The ``real IGIMF'' (i.e. the true distribution of stellar masses at birth for a whole galaxy) can be straightforwardly estimated from the IGIMF from clustered star formation (i.e. the results given above), and the IMF from stars born in isolation. If we denote the distribution of initial masses in the field as IMF$_{\rm F}$, the IGIMF from clustered star formation (i.e. the results obtained above) as IGIMF$_{\rm C}$ and the total IGIMF (the pdf of initial masses of all stars in a galaxy) as IGIMF$_{\rm T}$, we can simply write at any given stellar mass

\begin{displaymath}
{\rm IGIMF}_{\rm T} (m_*) = f \cdot {\rm IGIMF}_{\rm C}(m_*) + (1-f)\cdot {\rm IMF}_{\rm F} (m_*) ,
\end{displaymath} (7)

where f is the fraction of the stellar mass that is born in clusters, assuming that this fraction f is independent of stellar mass and that the mass distributions in the right-hand side of the equation refer to distributions which are both well sampled. In practice, this means that the total IGIMFs will end up in between the IGIMFs described above and the underlying IMF, weighed by the fraction of clustered star formation (so lines in Figs. 3 and 4 will end up in between the horizontal line and the shown IGIMFs).

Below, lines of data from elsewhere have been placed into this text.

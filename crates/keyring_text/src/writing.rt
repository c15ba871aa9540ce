ghost use Rattle.std.specs.Prelude.{◌≡◌, ◌<◌, ◌++◌, length, OnOk};
ghost use Rattle.keyring_text.specs.Fields as fields;

use kr_base::OutOfMemory;

/// Writes a number at the end of a vector: four bytes, the highest first.
#[tactic(auto, unfolding(crate::specs::Fields::number))]
pub fn put_number(out: &mut Vec<u8>, number: u32) -> Result<(), OutOfMemory>
    ensures { OnOk result (out.new.items ≡ out.old.items ++ fields.number number) }
{
    out.extend_from_slice(&number.to_be_bytes())
}

/// Writes a time at the end of a vector: eight bytes, the highest first.
#[tactic(auto, unfolding(crate::specs::Fields::time))]
pub fn put_time(out: &mut Vec<u8>, seconds: u64) -> Result<(), OutOfMemory>
    ensures { OnOk result (out.new.items ≡ out.old.items ++ fields.time seconds) }
{
    out.extend_from_slice(&seconds.to_be_bytes())
}

/// Writes a string at the end of a vector: its length and its bytes.
pub fn put_string(out: &mut Vec<u8>, bytes: &[u8]) -> Result<(), OutOfMemory>
    requires { length bytes.now < fields.none_length }
    ensures { OnOk result (out.new.items ≡ out.old.items ++ fields.string bytes.now) }
{
    put_number(out, bytes.len() as u32)?;
    out.extend_from_slice(bytes)
}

Note that if the second term in the right-hand side of Eq. (7) is large, IGIMF effects may well become negligible, or at least far less significant than indicated in the rest of this paper.

5 The number of O-stars in the Milky Way

One way to judge between the several IGIMFs (or judging on the importance of the IGIMF effect) would be high mass star counts by upcoming surveys like GAIA (e.g. Perryman et al. 2001).

In order to estimate how many O-stars will be observed by GAIA, we will here undertake the following exercise, in which we keep things as simple as possible. We assume that the IGIMFs described earlier are perfectly sampled (i.e. there are no sampling issues apart from those that make up the IGIMFs), that the SFR of the Milky Way has been constant for the last 10 Myr, which we will assume to be the lifetime of O-stars. Furthermore, we assume that the fraction of all O-stars in the Milky Way, observed by GAIA, is the same as the fraction of all stars together (i.e. $\sim$10%). This last number is very uncertain. O-stars are very bright and would therefore be visible to larger distances (the GAIA survey will be magnitude limited). If, however, all O-stars form in the disc, the extinction towards them will be typically higher than for stars above and below the disk. A fraction of the O-stars may be runaway stars, launched by multiple body interactions in young star clusters, which can bring them from the disk into less dusty regions (O-stars formed in isolation will typically not get far out of the disk, as with a random velocity of a few times 10 km s-1, they will not get much further than a few parsecs away from the disc plane they were formed in). The observed number of O-stars is then given by

\begin{displaymath}
N_{\rm O} = A_{\rm IGIMF} ~ \Big(\frac{\it SFR}{1~M_{\odot}/...
...lta t}{10~{\rm Myr}}\Big) ~ \Big(\frac{f_{\rm obs}}{0.1}\Big),
\end{displaymath} (8)

in which the SFR is that of the Milky Way, averaged over $\Delta t$, which is the lifetime of O-stars, and $f_{\rm obs}$ is the fraction of O-stars in the Milky Way that will be observed. $A_{\rm IGIMF}$ is the number of O-stars under the given assumptions, calculated by dividing the total mass formed by the average stellar mass of the IGIMF, multiplied with the fraction of all stars that are more massive than 17 $M_{\odot }$, in which all the IGIMF information is absorbed. In Table 1 we give the factor $A_{\rm IGIMF}$ for the Salpeter IMF and all our IGIMFs with underlying Salpeter IMF in the second column. We rounded the numbers off to multiples of ten.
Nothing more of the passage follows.